We have not dealt consecutively with the battle because it is impossible to give a connected account until the despatches are published, but a few remarks may be made on its opening phase when we incurred our first heavy losses. The Germans adopted Togo's tactics in concentrating salvos on single ships, tactics which have been preached again and again to the text, 'Fight neither with great nor with small, save only with the King of Israel.' We hope that, so far as the first thirty minutes of the action are concerned, some proof may be forthcoming that the 'Hindenburg' was present and armed with 15-inch guns, otherwise it will be on record that 28 (or 24 according to the bearing) 11-inch and 16 12-inch guns eliminated from a British squadron, carrying 32 13-inch and 16 12-inch guns, one-fourth of the larger and one-half of the smaller guns mentioned in half an hour. It may be that a similar fate befell one of the German battle-cruisers before the arrival of the battleships; but, if so, the point has not been made in the published accounts. In any case, we have here a fresh proof of the need of that margin of safety which the Navy possesses simply because public opinion resolutely fought the Liberal policy of reduction of armaments; and we should bear in mind that the alliance with France and Italy has enabled us to bring into home waters four battle-cruisers and four of our largest armoured cruisers, which were in the Mediterranean at the beginning of the war and prior thereto, while the 'Australia' has also been brought from the Pacific.

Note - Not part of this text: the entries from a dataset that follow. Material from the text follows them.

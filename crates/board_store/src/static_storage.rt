//! What a static storage does: bytes are written once under a name, and then read by whoever opens it.
ghost use Rattle.std.specs.Prelude.{◌≡◌, ℕ, ◌==◌, ◌<◌, ◌++◌, ◌↔◌, List, Bool, true, false, length, drop, codes, IfOk, IsErrOf, OnOk, OnErr};
ghost use Rattle.board_store.specs.Reading.{ReadsInto};
ghost use Rattle.board_store.specs.TypedCalls.{MayCreate, MayOpen, MayUnlock};

use board_names::{
    FileName, NamedConcept, NamedConceptBuilder, NamedConceptMgmt, StaticStorageCreateError,
    StaticStorageOpenError, StaticStorageReadError, StaticStorageUnlockError,
};
use std::alloc::Global;
use std::sync::Wait;

/// The static storage of this process.
pub type Local = crate::storage::Storage;

/// A named value with bytes, which may own its name.
///
/// A builder and a locked storage say by it what they make, and a `StaticStorage` names the two.
pub trait StaticStorageContent: NamedConcept {
    ghost content_of: { Self → List ℕ };

    ghost is_owner: { Self → Bool };
}

/// A static storage that has its bytes.
pub trait StaticStorage: NamedConceptMgmt + StaticStorageContent + Sized {
    /// What makes it.
    type Builder: StaticStorageBuilder<Storage = Self, Registry = Self::Registry>;

    /// It, before it has its bytes.
    type Locked: StaticStorageLocked<Storage = Self>;

    /// How many bytes there are.
    fn len(&self) -> u64
        ensures { result ≡ length (Self.content_of self.now) };

    /// Whether there is no byte.
    fn is_empty(&self) -> bool
        ensures { result ≡ (length (Self.content_of self.now) == 0) };

    /// Fills the front of `buffer` with the bytes. The rest of it stays.
    ///
    /// # Errors
    /// `BufferTooSmall` where the buffer is shorter.
    fn read(&self, buffer: &mut [u8]) -> Result<(), StaticStorageReadError>
        ensures { ReadsInto (Self.content_of self.now) buffer.old buffer.new result };

    /// Leaves the name when the storage is released.
    fn release_ownership(&mut self)
        ensures name { Self.name_of self.new ≡ Self.name_of self.old }
        ensures content { Self.content_of self.new ≡ Self.content_of self.old }
        ensures owns { Self.is_owner self.new ≡ false };

    /// Lets the name go when the storage is released.
    fn acquire_ownership(&mut self)
        ensures name { Self.name_of self.new ≡ Self.name_of self.old }
        ensures content { Self.content_of self.new ≡ Self.content_of self.old }
        ensures owns { Self.is_owner self.new ≡ true };

    /// Gives the storage up, and its name where it owns it.
    ///
    /// The name is that of its builder's registry. What a lent form made or opened stands in the table that was lent, and
    /// is given up by `release_in` of that table: `release` would let the name go in the registry, whoever holds it there.
    fn release<R: Wait>(self, rt: &R);

    /// The suffix that a builder starts with.
    fn default_suffix() -> FileName
        ensures { result ≡ codes ".static_storage" };
}

/// A builder of a static storage, which owns its name unless told otherwise.
pub trait StaticStorageBuilder: NamedConceptBuilder {
    /// What it makes.
    type Storage: StaticStorageContent;

    /// What it makes that is still to be filled.
    type Locked: StaticStorageLocked<Storage = Self::Storage>;

    ghost owns_it: { Self → Bool };

    /// Whether what is made owns its name.
    fn has_ownership(self, value: bool) -> Self
        ensures owner { owns_it result ≡ value }
        ensures named { Self.named result ≡ Self.named self };

    /// A storage with these bytes.
    ///
    /// # Errors
    /// `AlreadyExists` where the name is held; `OutOfMemory`. The storages stay as they were.
    fn create<R: Wait>(
        self,
        rt: &R,
        alloc: Global,
        contents: &[u8],
    ) -> Result<Self::Storage, StaticStorageCreateError>
        ensures name { IfOk result (λ s. Self.Storage.name_of s ≡ (Self.named self).name) }
        ensures content { IfOk result (λ s. Self.Storage.content_of s ≡ contents.now) }
        ensures owner { IfOk result (λ s. Self.Storage.is_owner s ≡ owns_it self) }
        ensures refused { MayCreate result };

    /// A storage that is still to be filled.
    ///
    /// # Errors
    /// `AlreadyExists` where the name is held; `OutOfMemory`.
    fn create_locked<R: Wait>(
        self,
        rt: &R,
        alloc: Global,
    ) -> Result<Self::Locked, StaticStorageCreateError>
        ensures name { IfOk result (λ l. Self.Locked.name_of l ≡ (Self.named self).name) }
        ensures owner { IfOk result (λ l. Self.Locked.is_to_own l ≡ owns_it self) }
        ensures refused { MayCreate result };

    /// The storage that stands under the name. Looks `polls + 1` times at most, and gives the lock back in between.
    ///
    /// # Errors
    /// `DoesNotExist` where the name isn't held; `InitializationNotYetFinalized` where each look found it locked;
    /// `OutOfMemory`.
    fn open<R: Wait>(self, rt: &R, polls: u32) -> Result<Self::Storage, StaticStorageOpenError>
        ensures name { IfOk result (λ s. Self.Storage.name_of s ≡ (Self.named self).name) }
        ensures owner { IfOk result (λ s. Self.Storage.is_owner s ≡ owns_it self) }
        ensures refused { MayOpen result };

    /// Whether it owns the name is part of what a builder was told.
    ghost owns_as_told: { (x y : Self) → Self.told x ≡ Self.told y → owns_it x ≡ owns_it y };

    /// A builder that was told nothing owns it.
    ghost owns_untold: { (x : Self) → Self.told x ≡ Self.untold → owns_it x ≡ true };
}

/// A static storage that is still to be filled.
pub trait StaticStorageLocked: NamedConcept + Sized {
    /// What it becomes.
    type Storage: StaticStorageContent;

    ghost is_to_own: { Self → Bool };

    /// The storage with these bytes.
    ///
    /// # Errors
    /// `InternalError` where the name isn't held locked; `OutOfMemory`. The name stays as it is.
    fn unlock<R: Wait>(
        self,
        rt: &R,
        alloc: Global,
        contents: &[u8],
    ) -> Result<Self::Storage, StaticStorageUnlockError>
        ensures name { IfOk result (λ s. Self.Storage.name_of s ≡ Self.name_of self) }
        ensures content { IfOk result (λ s. Self.Storage.content_of s ≡ contents.now) }
        ensures owner { IfOk result (λ s. Self.Storage.is_owner s ≡ is_to_own self) }
        ensures refused { MayUnlock result };

    /// Gives the storage up, and its name where it owns it.
    ///
    /// The name is that of its builder's registry, also where a lent form made it in another table: see `release_in`.
    fn release<R: Wait>(self, rt: &R);
}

If a certain anxiety is caused by this lesson, it is associated with a far greater gain of confidence when one studies the moral rather than the material factors. The superiority of the British personnel was never

better shown than by the fact that not only was the Admiral resolute in face of his severe losses, but the British gunnery improved while the German gunnery appears to have gone to pieces as soon as the four fast British battleships, under Evan-Thomas, got into action. This is not merely a testimony to the courage of the men but a proof of their faith in the leader. His losses were sustained in no dare-devil action. There is nothing to show that, in the subsequent period when the four 'Barhams' or later when the three 'Invincibles' joined, and the whole High Seas fleet was kept in play while waiting for the Grand Fleet under Jellicoe, any undue risk was run. The net result was that the Grand Fleet was able to come into action, if only for a short time.

How the High Seas Fleet escaped its clutches we do not know. The Admiralty communication says it was due to low visibility and mist.' It may be so, but we confess to being a little tired of Admiralty communications blaming the weather. It is alien to the spirit of the sailor. When the three Cressys were sunk, because they were unaccompanied by destroyers, the blame was put on the weather, just as was the case when the Hampshire' went down with Kitchener on board. The Dardanelles failure was a long-drawn tale about the weather. We had from the India Office something in the same vein about the relief which never got to Kut. After the Scarborough bombardment, the German armoured ships escaped because of the 'low visibility and mist.' In no circumstances is one allowed to blame an administrative act or defect, such as the failure to provide Zeppelin scouts-of which the Germans appear to have made considerable use-or sufficient high fuelendurance destroyers; but the clerk of the weather is fair game. Let us say plainly that the sea in all its aspects is always the ally of the best-trained and bestequipped navy.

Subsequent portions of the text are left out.